5. The suture arrow according to claim 1, wherein the protuberances of the first and second tissue arrows are selected from the group consisting of transverse ridges, barbs, pyramids, threads, and combinations thereof.

6. The suture arrow according to claim 1, wherein the first and second tissue arrows are longitudinally drawn and oriented.

7. The suture arrow according to claim 1, wherein the first and second tissue arrows are bioabsorbable.

8. The suture arrow according to claim 1, wherein the connecting member is bioabsorbable.

9. The suture arrow according to claim 1, wherein the connecting member has a flexible structure comprising rubber or an elastomer.

10. The suture arrow according to claim 1, further comprising at least one or more additional tissue arrows and connecting members.

11. The suture arrow according to claim 1, wherein the suture arrow comprises a bioactive material.

12. The suture arrow according to claim 1, wherein the first and second tissue arrows are cannulated.

13. The suture arrow according to claim 12, wherein the first and second tissue arrows are capable of being inserted into a tissue on a metal spike.

14. A method of repairing a body tissue rupture comprising:

providing the suture arrow of claim 1;

inserting a first tissue arrow into the body tissue through a rupture; and

inserting a second tissue arrow into the body tissue in an off-set location from the first tissue arrow, to close the rupture.

15. The method of claim 1, wherein inserting the second tissue arrow further comprises moving the second tissue arrow to an off-set location.

16. The method of claim 15, wherein moving further includes tensioning the connecting member.

17. A kit comprising:

at least one of the suture arrow device of claim 1; and

an installation tool including a handle, a cannula, and a pusher portion.

18. The kit of claim 17, wherein the installation tool further includes a trigger mechanism.

19. A method of repairing a body tissue rupture comprising:

providing the kit of claim 17, wherein at least one of said suture arrow devices is loaded in said installation tool;

inserting the installation tool into the body tissue at a first location;

pushing the first implantation member using the pusher portion across the body tissue rupture;

re-positioning the installation tool to a second location; and

pushing the second implantation member using the pusher portion into the body tissue.
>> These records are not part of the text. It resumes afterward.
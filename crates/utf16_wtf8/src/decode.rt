//! UTF-16 to WTF-8: all code units, as far as they are certain, and the end of a stream.

ghost use Rattle.std.specs.Prelude.{◌≡◌, ◌≢◌, ◌↔◌, ◌-◌, ◌%◌, ◌<◌, ◌≤◌, [], drop, length, take};
ghost use Rattle.std.specs.List.{flat_map};
ghost use Rattle.utf16_transcode.specs.WholeText.{WritesWhole};
ghost use Rattle.utf16_transcode.specs.Stream.{IsNewStream, stream_pending};
ghost use Rattle.utf16_transcode.specs.declared.progress.Stop.TheVariants.{Done, Incomplete, NoSpace};
ghost use Rattle.utf16_transcode.specs.Stops.{StopsPartial};
ghost use Rattle.utf16_wtf8.specs.ToWtf8.{DecodesToWtf8, StopsToWtf8, points_of, tail_points, wtf8_split};
ghost use Rattle.utf16_wtf8.specs.Wtf8.{generalized_utf8};

use crate::direction::ToWtf8;
use utf16_transcode::{LossyDirection, Progress, Stop, Stream, transcode_partial};
use utf16_units::Utf16Order;

/// Writes UTF-16 in WTF-8 to the start of a buffer, as far as whole characters fit, with each
/// unpaired surrogate as itself. What more bytes could change at the end is not read: a leading
/// surrogate, or an odd byte, or both. Any bytes are allowed. Bytes of the buffer after the written
/// ones may have been overwritten.
///
/// # Complexity
///
/// Linear time in the number of bytes read.
pub fn to_wtf8_partial<E: Utf16Order>(raw: &[u8], to: &mut [u8]) -> Progress
    ensures decodes { DecodesToWtf8 E.BIG raw.now to.new result.read result.written }
    ensures stop { StopsPartial (wtf8_split E.BIG) generalized_utf8 (drop result.read raw.now)
        (length to.new - result.written) result.stop }
{
    transcode_partial::<ToWtf8<E>>(raw, to)
}

/// Writes all code units of UTF-16 in WTF-8 to the start of a buffer, as far as whole characters
/// fit, with each unpaired surrogate as itself. Any bytes are allowed. A last odd byte is not a
/// code unit: the call stops with `Incomplete` before it. Bytes of the buffer after the written
/// ones may have been overwritten.
///
/// # Complexity
///
/// Linear time in the number of bytes read.
pub fn to_wtf8<E: Utf16Order>(raw: &[u8], to: &mut [u8]) -> Progress
    ensures shown { WritesWhole (points_of E.BIG) generalized_utf8 raw.now to.new result.read
        result.written }
    ensures stop { StopsToWtf8 E.BIG (drop result.read raw.now)
        (length to.new - result.written) result.stop }
    ensures between { result.stop ≡ NoSpace
        → DecodesToWtf8 E.BIG raw.now to.new result.read result.written }
{
    let front = to_wtf8_partial::<E>(raw, to);
    let Stop::Incomplete = front.stop else {
        return front;
    };
    let tail = &raw[front.read..];
    let Some(written) = ToWtf8::<E>::write_end(tail, to, front.written) else {
        return Progress {
            read: front.read,
            written: front.written,
            stop: Stop::NoSpace,
        };
    };
    let stop = if tail.len() == 2 {
        Stop::Done
    } else {
        Stop::Incomplete
    };
    Progress {
        read: front.read + tail.len() / 2 * 2,
        written,
        stop,
    }
}

/// Ends a stream in the direction `ToWtf8`: writes a pending leading surrogate to the start of a
/// buffer. Afterwards the stream is a new one. `read` is 0. With `Incomplete`, an odd byte at the
/// end of the stream, which is not a code unit, was left out. With `NoSpace`, the surrogate does
/// not fit, and nothing changed. Bytes of the buffer after the written ones are unchanged.
pub fn finish_wtf8<E: Utf16Order>(stream: &mut Stream, to: &mut [u8]) -> Progress
    ensures read { result.read ≡ 0 }
    ensures no_space { (result.stop ≡ NoSpace) ↔ (length to.new
        < length (flat_map generalized_utf8 (tail_points E.BIG (stream_pending stream.old)))) }
    ensures incomplete { (result.stop ≡ Incomplete) ↔ ((result.stop ≢ NoSpace)
        × (length (stream_pending stream.old) % 2 ≡ 1)) }
    ensures done { (result.stop ≡ Done) ↔ ((result.stop ≢ NoSpace)
        × (length (stream_pending stream.old) % 2 ≡ 0)) }
    ensures text { result.stop ≢ NoSpace → take result.written to.new
        ≡ flat_map generalized_utf8 (tail_points E.BIG (stream_pending stream.old)) }
    ensures within { result.written ≤ length to.new }
    ensures rest { drop result.written to.new ≡ drop result.written to.old }
    ensures pending { result.stop ≢ NoSpace → stream_pending stream.new ≡ [] }
    ensures fresh { result.stop ≢ NoSpace → IsNewStream stream.new }
    ensures unchanged { result.stop ≡ NoSpace
        → (result.written ≡ 0) × (stream.new ≡ stream.old) × (to.new ≡ to.old) }
{
    let odd = stream.pending().len() % 2 == 1;
    let mut end = stream.finish::<ToWtf8<E>>(to);
    if odd && end.stop == Stop::Done {
        end.stop = Stop::Incomplete;
    }
    end
}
20. The method of claim 19, wherein the second implantation member also is pushed across the body tissue rupture, at an off-set location.

21. A method for the fixation of a fibrous implant or a tissue transplant, on or in a living tissue comprising:

providing the suture arrow of claim 1;

positioning the first tissue arrow through the implant or transplant into tissue;

passing the connecting member across the implant or transplant; and

re-positioning the second tissue arrow into tissue at an offset location from the first implantation member.

22. The method according to claim 11, where the fibrous implant or transplant is a synthetic, polymeric mesh or scaffold, collagenous mesh or scaffold, periosteum transplant or a transplant including connective tissue.